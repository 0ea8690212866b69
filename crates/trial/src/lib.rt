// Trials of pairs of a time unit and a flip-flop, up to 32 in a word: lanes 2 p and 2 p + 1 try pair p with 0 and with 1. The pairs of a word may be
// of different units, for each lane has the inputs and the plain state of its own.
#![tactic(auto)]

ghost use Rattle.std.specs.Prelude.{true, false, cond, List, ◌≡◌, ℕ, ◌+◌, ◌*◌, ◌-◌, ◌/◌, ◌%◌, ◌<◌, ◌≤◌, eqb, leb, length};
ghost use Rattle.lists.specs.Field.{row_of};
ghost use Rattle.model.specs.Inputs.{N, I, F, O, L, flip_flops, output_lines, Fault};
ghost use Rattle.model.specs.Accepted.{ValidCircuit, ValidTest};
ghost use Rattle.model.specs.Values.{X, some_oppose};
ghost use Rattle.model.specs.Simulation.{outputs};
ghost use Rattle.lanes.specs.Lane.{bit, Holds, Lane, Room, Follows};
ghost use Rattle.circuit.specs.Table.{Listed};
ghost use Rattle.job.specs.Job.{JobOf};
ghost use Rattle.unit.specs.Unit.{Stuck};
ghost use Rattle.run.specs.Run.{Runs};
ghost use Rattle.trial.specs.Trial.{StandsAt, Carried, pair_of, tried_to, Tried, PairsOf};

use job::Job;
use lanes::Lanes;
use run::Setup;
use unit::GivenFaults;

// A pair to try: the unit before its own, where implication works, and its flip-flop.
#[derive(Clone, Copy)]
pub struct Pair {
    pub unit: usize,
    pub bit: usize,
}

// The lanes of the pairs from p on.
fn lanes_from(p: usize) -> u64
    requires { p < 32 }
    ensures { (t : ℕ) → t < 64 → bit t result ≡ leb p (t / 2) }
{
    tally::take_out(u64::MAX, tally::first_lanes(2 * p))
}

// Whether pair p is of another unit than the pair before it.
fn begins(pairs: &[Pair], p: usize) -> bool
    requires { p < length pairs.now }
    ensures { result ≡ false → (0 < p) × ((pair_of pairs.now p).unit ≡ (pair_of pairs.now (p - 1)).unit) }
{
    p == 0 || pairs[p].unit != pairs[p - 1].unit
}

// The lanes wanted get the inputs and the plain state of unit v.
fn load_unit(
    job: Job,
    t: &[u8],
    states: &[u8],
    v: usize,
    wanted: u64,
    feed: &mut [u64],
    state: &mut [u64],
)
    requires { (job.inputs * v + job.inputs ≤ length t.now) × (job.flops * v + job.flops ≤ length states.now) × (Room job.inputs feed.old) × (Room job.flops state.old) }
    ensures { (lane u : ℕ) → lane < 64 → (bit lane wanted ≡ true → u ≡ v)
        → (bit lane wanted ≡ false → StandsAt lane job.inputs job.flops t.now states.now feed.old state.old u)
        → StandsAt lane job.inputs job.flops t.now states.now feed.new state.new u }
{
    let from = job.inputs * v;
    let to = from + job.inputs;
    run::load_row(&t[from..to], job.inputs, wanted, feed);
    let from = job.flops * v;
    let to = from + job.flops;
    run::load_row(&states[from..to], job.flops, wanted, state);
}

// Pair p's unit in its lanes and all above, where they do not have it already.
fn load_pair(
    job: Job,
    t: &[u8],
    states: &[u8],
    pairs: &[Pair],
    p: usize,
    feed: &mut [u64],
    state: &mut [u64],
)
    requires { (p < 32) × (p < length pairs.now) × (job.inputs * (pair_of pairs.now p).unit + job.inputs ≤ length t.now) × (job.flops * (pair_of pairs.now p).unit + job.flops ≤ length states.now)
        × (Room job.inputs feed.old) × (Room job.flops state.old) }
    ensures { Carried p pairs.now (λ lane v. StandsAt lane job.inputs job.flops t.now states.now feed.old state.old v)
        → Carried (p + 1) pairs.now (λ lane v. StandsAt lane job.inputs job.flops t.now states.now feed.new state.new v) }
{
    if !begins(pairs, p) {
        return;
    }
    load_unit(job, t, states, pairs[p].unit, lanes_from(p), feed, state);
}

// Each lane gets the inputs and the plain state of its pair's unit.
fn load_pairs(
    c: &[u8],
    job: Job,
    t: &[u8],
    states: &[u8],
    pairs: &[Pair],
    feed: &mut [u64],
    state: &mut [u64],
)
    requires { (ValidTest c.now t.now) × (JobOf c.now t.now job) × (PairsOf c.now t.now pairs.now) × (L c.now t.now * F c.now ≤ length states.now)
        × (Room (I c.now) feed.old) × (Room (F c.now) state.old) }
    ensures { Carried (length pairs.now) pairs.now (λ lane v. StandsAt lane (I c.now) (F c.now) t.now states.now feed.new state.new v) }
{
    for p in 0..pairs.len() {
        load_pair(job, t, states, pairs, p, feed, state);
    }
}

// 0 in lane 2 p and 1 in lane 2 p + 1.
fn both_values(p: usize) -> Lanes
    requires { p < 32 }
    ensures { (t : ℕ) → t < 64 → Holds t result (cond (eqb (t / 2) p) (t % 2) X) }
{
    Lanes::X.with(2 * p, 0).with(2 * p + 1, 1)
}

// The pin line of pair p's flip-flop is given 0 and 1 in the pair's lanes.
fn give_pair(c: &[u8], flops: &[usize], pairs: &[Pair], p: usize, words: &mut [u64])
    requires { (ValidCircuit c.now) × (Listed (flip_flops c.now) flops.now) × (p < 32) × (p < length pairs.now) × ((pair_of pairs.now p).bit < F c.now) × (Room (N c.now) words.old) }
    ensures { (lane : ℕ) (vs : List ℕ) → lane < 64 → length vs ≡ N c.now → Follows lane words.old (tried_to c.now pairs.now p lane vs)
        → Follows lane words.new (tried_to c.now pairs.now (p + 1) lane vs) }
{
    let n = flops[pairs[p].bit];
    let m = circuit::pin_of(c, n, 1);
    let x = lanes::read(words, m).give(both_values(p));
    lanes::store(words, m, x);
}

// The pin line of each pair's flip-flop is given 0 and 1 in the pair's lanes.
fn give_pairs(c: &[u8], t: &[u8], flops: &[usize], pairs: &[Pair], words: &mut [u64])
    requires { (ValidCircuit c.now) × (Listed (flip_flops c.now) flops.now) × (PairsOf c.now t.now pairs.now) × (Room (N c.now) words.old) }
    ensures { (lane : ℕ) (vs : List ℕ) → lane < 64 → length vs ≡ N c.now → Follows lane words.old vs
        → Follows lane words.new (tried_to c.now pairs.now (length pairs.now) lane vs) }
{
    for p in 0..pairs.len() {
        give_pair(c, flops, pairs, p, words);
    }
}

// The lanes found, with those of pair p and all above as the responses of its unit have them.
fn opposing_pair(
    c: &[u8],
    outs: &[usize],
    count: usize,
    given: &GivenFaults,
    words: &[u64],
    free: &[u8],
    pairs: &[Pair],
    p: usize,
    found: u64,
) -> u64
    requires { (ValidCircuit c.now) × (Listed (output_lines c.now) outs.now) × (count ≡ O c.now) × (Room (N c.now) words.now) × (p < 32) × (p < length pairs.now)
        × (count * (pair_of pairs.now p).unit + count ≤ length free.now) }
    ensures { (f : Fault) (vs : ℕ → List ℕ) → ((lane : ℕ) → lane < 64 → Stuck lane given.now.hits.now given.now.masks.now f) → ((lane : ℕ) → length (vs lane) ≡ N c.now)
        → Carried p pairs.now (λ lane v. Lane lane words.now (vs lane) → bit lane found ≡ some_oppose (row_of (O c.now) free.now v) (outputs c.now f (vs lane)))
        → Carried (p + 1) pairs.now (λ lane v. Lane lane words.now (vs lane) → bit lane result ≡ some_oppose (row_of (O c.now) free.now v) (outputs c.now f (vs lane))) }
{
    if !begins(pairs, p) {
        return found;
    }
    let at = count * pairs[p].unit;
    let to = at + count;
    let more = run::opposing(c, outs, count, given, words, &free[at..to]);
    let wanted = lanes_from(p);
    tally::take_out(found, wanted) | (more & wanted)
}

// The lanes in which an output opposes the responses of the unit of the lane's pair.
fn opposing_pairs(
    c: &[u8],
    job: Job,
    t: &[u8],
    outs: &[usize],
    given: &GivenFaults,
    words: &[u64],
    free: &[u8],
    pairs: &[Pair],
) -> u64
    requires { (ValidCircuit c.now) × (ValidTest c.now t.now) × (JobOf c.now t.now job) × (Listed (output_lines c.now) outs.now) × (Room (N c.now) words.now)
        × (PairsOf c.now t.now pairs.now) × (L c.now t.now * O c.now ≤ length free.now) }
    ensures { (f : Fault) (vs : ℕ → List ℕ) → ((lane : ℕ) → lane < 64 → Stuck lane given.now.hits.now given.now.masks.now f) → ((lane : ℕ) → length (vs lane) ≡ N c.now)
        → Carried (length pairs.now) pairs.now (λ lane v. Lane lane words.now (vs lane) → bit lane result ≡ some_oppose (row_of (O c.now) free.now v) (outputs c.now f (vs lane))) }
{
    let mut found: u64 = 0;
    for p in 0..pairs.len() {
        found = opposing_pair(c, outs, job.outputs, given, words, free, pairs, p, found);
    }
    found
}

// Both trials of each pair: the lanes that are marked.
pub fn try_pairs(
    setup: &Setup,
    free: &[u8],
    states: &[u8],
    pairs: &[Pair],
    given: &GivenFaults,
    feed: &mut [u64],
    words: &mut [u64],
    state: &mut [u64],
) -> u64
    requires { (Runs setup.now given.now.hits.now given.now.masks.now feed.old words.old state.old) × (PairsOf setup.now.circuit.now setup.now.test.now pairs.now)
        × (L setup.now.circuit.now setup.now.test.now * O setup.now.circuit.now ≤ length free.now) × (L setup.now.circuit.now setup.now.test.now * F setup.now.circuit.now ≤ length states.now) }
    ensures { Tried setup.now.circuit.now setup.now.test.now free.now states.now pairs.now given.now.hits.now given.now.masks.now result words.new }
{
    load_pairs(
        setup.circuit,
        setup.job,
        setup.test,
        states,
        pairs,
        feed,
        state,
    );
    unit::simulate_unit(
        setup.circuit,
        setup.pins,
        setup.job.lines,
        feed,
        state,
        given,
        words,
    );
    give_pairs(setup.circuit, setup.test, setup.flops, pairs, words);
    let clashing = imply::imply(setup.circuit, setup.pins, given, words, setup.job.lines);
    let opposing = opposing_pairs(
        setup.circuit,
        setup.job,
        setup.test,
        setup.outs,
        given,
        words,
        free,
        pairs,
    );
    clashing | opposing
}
□ □ □ □ □
• **Task prompt**
Scan the preceding listing for the string "ValidCircuit" and copy every line where it occurs.

• **Response to this exercise**
ghost use Rattle.model.specs.Accepted.{ValidCircuit, ValidTest};
    requires { (ValidCircuit c.now) × (Listed (flip_flops c.now) flops.now) × (p < 32) × (p < length pairs.now) × ((pair_of pairs.now p).bit < F c.now) × (Room (N c.now) words.old) }
    requires { (ValidCircuit c.now) × (Listed (flip_flops c.now) flops.now) × (PairsOf c.now t.now pairs.now) × (Room (N c.now) words.old) }
    requires { (ValidCircuit c.now) × (Listed (output_lines c.now) outs.now) × (count ≡ O c.now) × (Room (N c.now) words.now) × (p < 32) × (p < length pairs.now)
    requires { (ValidCircuit c.now) × (ValidTest c.now t.now) × (JobOf c.now t.now job) × (Listed (output_lines c.now) outs.now) × (Room (N c.now) words.now)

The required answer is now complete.